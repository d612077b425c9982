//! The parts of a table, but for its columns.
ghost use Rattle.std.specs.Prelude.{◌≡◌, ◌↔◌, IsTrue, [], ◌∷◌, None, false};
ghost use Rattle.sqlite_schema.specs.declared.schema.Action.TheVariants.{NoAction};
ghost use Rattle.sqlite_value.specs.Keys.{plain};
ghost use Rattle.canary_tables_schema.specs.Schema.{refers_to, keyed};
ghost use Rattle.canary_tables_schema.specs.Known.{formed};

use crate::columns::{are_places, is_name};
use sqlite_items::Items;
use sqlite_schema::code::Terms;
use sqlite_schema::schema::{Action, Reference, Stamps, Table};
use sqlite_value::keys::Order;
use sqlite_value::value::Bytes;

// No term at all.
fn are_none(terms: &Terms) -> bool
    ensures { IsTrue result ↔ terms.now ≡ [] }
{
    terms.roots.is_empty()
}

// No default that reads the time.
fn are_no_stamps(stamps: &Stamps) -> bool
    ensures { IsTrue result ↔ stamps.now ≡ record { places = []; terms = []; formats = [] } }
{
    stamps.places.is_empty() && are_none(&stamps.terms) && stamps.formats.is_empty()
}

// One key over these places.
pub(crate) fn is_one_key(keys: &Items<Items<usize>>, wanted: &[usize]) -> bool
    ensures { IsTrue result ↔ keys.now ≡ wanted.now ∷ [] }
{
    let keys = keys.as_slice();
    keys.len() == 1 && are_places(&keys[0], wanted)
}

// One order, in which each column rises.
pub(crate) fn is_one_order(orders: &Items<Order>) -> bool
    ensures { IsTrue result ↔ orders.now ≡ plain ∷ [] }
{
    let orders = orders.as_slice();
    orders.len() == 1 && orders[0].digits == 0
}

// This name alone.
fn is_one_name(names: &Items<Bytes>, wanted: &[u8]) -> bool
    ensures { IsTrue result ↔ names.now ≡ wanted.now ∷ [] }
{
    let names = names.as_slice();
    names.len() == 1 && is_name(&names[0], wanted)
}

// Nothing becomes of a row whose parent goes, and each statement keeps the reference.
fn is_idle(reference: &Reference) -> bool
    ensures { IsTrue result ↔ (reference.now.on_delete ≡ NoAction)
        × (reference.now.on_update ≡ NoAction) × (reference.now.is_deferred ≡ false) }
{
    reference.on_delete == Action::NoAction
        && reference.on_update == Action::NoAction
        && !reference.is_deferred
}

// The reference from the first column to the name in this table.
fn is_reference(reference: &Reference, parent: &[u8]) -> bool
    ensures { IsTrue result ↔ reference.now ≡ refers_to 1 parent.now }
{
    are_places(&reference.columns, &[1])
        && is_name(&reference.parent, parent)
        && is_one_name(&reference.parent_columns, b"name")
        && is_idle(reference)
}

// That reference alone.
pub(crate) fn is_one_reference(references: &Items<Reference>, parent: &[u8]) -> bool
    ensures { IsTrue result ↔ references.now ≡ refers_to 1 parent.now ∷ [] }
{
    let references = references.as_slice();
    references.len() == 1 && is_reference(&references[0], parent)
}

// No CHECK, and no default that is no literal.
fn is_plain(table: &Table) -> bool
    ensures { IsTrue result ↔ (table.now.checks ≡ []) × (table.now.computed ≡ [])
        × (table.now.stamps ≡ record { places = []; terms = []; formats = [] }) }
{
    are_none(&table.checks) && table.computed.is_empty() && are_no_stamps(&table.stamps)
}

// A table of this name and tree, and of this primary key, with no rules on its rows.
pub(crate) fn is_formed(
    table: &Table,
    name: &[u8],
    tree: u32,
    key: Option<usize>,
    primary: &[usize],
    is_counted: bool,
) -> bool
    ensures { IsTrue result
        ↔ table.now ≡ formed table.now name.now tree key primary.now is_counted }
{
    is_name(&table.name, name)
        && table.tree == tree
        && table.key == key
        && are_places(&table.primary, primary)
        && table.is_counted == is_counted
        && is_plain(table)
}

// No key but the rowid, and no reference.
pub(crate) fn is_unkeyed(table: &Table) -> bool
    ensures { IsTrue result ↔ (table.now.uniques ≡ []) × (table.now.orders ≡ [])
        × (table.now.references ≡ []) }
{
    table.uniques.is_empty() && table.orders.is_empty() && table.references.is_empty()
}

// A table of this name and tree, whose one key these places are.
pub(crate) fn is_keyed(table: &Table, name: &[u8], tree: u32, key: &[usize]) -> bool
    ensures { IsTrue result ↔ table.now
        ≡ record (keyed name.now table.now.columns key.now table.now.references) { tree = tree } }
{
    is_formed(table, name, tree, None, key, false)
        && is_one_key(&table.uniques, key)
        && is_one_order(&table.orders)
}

---

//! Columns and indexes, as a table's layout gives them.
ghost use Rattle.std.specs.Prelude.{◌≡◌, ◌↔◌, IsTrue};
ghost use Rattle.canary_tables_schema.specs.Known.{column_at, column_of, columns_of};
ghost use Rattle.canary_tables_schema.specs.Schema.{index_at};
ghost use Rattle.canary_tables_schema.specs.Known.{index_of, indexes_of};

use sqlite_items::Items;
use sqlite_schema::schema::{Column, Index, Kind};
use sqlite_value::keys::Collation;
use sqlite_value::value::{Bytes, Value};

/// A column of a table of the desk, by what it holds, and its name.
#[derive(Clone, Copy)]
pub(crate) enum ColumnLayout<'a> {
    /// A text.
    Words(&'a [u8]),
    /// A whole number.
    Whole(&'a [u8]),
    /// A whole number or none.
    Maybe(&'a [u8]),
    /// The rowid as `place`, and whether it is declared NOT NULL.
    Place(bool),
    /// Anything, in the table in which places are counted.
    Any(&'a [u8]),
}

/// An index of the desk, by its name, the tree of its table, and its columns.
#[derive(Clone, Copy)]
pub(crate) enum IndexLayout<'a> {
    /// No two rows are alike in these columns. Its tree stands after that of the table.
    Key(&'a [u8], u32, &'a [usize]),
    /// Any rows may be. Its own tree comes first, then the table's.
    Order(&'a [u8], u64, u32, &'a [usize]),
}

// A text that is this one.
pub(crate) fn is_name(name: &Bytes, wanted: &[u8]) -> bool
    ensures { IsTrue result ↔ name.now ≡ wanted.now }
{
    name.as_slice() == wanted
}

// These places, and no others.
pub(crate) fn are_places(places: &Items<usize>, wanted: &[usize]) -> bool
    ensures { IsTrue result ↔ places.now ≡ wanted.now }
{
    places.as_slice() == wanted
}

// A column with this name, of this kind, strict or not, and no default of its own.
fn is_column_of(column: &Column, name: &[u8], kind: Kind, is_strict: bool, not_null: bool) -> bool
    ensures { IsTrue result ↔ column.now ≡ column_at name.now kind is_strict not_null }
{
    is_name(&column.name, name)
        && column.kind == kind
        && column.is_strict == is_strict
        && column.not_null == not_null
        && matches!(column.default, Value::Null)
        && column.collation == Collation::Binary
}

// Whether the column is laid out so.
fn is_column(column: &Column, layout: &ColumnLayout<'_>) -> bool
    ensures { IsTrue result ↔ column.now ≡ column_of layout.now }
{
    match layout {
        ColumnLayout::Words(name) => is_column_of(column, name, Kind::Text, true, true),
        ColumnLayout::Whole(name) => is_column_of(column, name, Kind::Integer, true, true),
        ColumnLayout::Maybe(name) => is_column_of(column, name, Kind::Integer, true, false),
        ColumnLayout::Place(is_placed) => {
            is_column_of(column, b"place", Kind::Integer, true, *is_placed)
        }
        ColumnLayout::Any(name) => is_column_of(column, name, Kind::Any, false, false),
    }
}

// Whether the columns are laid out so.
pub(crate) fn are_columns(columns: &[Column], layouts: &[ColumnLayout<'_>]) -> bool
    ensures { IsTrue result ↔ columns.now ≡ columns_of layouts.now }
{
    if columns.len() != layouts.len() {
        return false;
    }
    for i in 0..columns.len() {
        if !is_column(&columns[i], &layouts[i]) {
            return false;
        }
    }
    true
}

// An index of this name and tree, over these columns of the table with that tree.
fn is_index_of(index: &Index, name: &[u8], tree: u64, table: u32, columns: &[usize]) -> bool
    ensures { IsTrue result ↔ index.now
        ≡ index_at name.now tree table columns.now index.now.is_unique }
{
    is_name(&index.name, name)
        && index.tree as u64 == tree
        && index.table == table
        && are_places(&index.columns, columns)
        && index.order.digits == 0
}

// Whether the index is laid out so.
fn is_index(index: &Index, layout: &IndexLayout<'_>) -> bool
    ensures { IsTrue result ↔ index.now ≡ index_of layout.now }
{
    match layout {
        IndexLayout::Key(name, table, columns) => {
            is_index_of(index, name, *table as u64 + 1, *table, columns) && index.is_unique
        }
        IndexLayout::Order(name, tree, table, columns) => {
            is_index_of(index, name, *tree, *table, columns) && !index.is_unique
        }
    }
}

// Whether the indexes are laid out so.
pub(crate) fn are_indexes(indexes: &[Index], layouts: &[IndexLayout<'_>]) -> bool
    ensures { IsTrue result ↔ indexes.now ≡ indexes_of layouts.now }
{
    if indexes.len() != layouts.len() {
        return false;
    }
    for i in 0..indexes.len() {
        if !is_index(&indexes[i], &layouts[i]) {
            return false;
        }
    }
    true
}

* * *

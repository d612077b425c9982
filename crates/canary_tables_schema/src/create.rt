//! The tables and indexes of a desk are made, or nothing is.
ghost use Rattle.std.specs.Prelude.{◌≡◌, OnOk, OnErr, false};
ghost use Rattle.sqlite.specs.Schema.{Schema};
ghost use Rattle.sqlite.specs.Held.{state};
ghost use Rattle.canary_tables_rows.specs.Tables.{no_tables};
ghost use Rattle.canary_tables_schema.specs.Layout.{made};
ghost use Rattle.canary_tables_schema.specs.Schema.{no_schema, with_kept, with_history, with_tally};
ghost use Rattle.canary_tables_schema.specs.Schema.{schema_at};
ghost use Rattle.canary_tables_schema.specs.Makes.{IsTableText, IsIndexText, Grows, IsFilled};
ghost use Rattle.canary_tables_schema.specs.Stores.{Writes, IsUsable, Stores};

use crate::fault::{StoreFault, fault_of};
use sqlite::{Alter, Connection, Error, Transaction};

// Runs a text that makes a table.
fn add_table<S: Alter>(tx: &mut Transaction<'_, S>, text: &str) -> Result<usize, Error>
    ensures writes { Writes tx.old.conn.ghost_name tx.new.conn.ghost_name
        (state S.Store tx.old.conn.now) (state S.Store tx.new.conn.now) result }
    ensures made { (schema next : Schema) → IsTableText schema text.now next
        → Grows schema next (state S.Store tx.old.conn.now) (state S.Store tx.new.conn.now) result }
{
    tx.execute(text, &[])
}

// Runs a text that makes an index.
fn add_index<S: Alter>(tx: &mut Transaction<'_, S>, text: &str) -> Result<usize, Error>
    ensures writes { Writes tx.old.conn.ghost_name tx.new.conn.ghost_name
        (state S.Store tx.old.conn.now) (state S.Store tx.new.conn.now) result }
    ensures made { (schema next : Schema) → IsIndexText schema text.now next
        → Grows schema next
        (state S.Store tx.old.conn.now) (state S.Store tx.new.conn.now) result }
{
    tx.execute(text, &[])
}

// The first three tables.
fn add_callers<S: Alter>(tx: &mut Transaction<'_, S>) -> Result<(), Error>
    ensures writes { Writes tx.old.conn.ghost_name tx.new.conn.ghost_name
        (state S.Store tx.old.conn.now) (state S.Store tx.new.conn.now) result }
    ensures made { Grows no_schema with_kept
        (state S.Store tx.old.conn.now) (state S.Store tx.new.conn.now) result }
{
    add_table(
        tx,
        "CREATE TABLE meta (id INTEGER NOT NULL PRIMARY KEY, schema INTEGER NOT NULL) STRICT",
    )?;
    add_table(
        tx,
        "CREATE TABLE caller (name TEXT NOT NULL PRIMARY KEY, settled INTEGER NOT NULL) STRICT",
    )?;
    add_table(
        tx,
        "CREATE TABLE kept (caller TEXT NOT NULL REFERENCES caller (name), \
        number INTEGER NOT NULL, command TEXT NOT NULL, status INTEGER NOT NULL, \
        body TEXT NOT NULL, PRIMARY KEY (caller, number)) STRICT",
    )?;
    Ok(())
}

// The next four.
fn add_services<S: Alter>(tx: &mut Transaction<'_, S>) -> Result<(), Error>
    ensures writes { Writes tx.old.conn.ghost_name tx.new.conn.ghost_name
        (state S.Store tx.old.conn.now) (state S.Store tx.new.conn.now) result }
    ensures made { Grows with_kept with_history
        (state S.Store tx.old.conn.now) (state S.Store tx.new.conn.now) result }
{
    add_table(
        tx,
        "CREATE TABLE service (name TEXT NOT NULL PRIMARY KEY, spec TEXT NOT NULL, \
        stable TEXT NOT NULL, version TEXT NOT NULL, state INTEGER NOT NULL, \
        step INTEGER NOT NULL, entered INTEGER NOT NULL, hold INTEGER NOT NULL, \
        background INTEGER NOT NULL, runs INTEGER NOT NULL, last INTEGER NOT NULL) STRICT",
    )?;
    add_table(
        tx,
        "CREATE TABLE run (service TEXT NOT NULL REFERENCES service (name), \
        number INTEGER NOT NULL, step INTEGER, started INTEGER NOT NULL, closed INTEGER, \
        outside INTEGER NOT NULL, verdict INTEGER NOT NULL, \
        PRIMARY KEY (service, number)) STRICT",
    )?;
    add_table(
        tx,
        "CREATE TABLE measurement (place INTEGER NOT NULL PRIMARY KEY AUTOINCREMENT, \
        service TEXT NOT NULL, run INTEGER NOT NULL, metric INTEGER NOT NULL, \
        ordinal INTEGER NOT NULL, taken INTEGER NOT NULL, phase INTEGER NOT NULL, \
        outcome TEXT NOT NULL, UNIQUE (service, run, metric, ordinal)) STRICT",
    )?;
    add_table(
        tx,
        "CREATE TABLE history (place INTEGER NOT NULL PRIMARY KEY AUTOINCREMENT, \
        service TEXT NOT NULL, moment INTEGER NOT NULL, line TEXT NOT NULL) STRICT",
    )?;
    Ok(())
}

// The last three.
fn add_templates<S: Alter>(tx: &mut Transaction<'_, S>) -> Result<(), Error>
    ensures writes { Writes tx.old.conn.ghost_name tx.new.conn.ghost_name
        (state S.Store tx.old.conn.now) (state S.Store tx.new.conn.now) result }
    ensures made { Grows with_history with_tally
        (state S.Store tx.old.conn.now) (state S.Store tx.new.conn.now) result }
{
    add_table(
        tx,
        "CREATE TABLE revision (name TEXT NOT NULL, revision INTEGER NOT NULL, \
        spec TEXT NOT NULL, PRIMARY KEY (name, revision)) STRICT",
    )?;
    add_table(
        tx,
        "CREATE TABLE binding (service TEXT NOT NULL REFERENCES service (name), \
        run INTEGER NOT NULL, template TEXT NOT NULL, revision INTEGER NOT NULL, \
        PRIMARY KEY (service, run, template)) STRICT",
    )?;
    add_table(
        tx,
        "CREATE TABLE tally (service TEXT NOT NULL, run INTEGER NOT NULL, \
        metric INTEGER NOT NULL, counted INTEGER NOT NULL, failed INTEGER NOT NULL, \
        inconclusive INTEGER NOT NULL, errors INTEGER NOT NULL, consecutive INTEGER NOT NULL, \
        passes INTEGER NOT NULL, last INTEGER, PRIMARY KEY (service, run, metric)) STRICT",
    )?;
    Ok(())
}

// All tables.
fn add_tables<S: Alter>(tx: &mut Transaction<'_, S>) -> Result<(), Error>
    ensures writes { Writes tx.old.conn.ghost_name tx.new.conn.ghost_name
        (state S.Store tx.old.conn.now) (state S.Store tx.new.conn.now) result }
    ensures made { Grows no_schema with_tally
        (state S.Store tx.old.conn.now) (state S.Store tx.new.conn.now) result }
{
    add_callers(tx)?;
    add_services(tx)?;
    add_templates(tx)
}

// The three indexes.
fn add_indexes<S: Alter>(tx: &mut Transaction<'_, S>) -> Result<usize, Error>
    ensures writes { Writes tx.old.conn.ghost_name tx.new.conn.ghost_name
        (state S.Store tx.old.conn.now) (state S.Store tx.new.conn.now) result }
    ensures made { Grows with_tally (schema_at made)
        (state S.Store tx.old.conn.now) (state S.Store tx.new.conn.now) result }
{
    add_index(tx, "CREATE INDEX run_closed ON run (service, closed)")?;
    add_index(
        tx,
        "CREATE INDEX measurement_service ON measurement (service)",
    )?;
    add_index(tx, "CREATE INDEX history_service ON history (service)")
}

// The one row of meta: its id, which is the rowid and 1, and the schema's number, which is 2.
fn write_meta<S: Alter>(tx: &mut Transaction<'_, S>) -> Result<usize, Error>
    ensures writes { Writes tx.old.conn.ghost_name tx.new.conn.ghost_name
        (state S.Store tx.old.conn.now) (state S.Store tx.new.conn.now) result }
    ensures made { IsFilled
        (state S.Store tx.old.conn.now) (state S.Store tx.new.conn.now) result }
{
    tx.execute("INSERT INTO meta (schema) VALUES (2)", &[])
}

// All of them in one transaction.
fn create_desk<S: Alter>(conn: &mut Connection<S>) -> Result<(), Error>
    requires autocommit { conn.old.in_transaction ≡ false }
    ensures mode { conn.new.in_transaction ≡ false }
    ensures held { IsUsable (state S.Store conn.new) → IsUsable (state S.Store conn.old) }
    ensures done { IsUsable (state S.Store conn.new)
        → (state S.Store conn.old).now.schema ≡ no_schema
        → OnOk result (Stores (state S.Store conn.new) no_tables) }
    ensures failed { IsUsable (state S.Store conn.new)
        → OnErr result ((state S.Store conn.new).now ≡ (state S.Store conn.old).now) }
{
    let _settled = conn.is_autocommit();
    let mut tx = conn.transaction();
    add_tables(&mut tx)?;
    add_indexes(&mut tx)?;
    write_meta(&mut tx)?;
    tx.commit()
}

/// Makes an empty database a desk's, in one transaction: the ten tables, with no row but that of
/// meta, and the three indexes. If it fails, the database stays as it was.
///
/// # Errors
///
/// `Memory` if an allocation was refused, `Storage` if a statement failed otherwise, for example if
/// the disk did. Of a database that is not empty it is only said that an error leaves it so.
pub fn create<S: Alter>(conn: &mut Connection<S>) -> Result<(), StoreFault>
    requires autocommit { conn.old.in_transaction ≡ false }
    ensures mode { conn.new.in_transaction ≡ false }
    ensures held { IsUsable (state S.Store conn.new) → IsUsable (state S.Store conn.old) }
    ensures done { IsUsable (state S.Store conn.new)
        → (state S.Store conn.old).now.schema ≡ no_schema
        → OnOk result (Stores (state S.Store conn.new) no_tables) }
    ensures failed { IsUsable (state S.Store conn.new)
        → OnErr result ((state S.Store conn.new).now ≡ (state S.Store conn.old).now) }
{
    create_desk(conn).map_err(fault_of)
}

### REQUIRED WORK
Take exactly the lines from the one containing "fn add_table<S: Alter>(tx: &mut" through the one containing "IsTableText schema text.now next" in the data above, and output them with nothing added.

### THE ANSWER
fn add_table<S: Alter>(tx: &mut Transaction<'_, S>, text: &str) -> Result<usize, Error>
    ensures writes { Writes tx.old.conn.ghost_name tx.new.conn.ghost_name
        (state S.Store tx.old.conn.now) (state S.Store tx.new.conn.now) result }
    ensures made { (schema next : Schema) → IsTableText schema text.now next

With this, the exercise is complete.